#### What this task involves:
Which lines run from the line with "type Write: Watched;" through the line with "fn read_end(machine: &Self::Read)" in the entries below? Print them exactly, both ends included, and nothing more.

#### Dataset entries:
────

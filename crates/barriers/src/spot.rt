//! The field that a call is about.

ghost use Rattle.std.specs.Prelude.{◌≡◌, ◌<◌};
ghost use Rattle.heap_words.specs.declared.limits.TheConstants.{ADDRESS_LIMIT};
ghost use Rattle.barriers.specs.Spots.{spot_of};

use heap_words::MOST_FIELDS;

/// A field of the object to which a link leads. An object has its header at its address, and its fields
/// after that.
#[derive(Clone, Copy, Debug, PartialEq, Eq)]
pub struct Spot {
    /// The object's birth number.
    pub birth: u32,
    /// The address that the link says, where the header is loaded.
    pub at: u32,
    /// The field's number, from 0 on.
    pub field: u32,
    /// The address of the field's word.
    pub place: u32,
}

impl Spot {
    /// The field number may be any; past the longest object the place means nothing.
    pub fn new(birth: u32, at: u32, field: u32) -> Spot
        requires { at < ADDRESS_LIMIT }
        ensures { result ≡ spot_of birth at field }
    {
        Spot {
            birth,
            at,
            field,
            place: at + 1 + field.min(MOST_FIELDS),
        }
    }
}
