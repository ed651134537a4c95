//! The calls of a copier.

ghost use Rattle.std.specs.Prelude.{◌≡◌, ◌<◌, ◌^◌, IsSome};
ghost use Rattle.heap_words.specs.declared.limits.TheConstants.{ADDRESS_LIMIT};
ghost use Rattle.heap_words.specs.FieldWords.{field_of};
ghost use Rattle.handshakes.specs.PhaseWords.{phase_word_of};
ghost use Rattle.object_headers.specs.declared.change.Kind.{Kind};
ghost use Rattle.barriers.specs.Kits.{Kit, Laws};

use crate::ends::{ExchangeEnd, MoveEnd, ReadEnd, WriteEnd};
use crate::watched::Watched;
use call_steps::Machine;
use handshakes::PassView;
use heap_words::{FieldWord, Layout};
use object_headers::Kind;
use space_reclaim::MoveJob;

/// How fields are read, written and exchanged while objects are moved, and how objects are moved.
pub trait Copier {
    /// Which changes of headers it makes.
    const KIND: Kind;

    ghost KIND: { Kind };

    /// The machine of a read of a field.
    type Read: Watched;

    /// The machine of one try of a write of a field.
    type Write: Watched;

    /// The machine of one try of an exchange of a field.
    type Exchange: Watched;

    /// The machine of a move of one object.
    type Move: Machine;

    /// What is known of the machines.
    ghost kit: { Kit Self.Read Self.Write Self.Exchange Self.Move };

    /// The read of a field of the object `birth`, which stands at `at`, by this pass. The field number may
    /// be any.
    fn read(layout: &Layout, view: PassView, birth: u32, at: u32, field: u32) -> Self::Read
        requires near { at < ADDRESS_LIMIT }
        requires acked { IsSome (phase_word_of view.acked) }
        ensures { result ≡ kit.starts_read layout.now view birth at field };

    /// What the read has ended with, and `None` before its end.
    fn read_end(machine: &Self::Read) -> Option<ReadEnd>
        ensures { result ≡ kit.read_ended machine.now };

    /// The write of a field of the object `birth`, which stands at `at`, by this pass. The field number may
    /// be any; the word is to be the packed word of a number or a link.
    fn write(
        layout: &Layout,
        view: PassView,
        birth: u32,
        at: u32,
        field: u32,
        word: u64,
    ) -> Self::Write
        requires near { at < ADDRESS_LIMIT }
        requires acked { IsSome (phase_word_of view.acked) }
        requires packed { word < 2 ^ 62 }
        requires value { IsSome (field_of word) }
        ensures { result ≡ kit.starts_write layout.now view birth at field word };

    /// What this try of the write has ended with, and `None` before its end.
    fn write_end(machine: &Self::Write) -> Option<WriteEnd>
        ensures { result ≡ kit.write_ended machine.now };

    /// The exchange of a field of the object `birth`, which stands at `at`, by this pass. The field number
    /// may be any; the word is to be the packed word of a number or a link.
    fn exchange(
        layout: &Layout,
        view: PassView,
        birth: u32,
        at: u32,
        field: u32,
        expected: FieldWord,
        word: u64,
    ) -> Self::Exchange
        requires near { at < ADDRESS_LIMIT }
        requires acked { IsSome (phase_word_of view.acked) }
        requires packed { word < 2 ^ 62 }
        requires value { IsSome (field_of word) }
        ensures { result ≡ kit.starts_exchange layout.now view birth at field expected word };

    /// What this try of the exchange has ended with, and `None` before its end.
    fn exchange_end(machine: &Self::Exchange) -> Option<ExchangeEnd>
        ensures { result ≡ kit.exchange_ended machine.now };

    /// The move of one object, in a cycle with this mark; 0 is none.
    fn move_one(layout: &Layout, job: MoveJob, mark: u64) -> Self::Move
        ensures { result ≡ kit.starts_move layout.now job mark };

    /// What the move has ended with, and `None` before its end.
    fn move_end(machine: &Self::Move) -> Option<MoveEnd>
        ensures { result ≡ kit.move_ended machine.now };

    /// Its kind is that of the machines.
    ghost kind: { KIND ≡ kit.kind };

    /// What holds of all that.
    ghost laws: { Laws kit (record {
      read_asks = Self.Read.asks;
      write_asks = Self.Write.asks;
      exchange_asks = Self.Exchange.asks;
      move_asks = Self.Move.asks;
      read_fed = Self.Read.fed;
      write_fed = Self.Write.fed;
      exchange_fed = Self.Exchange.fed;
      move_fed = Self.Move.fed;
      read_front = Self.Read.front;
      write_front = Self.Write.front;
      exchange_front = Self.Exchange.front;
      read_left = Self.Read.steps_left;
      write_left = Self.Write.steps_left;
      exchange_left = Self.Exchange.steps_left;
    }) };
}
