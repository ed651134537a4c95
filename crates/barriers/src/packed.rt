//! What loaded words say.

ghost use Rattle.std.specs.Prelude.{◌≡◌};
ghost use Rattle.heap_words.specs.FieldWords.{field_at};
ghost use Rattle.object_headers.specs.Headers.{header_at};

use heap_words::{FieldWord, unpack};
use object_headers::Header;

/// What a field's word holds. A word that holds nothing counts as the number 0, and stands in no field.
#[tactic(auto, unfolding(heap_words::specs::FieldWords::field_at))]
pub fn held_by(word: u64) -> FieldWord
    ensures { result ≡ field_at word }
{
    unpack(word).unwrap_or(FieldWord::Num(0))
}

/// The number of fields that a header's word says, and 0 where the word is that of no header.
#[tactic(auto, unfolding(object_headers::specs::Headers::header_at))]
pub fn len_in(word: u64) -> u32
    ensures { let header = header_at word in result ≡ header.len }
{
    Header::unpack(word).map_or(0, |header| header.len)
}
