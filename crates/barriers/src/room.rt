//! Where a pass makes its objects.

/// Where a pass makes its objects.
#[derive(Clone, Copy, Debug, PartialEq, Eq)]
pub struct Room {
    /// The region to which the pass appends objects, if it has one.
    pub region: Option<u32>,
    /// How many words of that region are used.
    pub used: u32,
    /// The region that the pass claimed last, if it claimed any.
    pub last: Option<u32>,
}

────

#### Task output:
    type Write: Watched;

    /// The machine of one try of an exchange of a field.
    type Exchange: Watched;

    /// The machine of a move of one object.
    type Move: Machine;

    /// What is known of the machines.
    ghost kit: { Kit Self.Read Self.Write Self.Exchange Self.Move };

    /// The read of a field of the object `birth`, which stands at `at`, by this pass. The field number may
    /// be any.
    fn read(layout: &Layout, view: PassView, birth: u32, at: u32, field: u32) -> Self::Read
        requires near { at < ADDRESS_LIMIT }
        requires acked { IsSome (phase_word_of view.acked) }
        ensures { result ≡ kit.starts_read layout.now view birth at field };

    /// What the read has ended with, and `None` before its end.
    fn read_end(machine: &Self::Read) -> Option<ReadEnd>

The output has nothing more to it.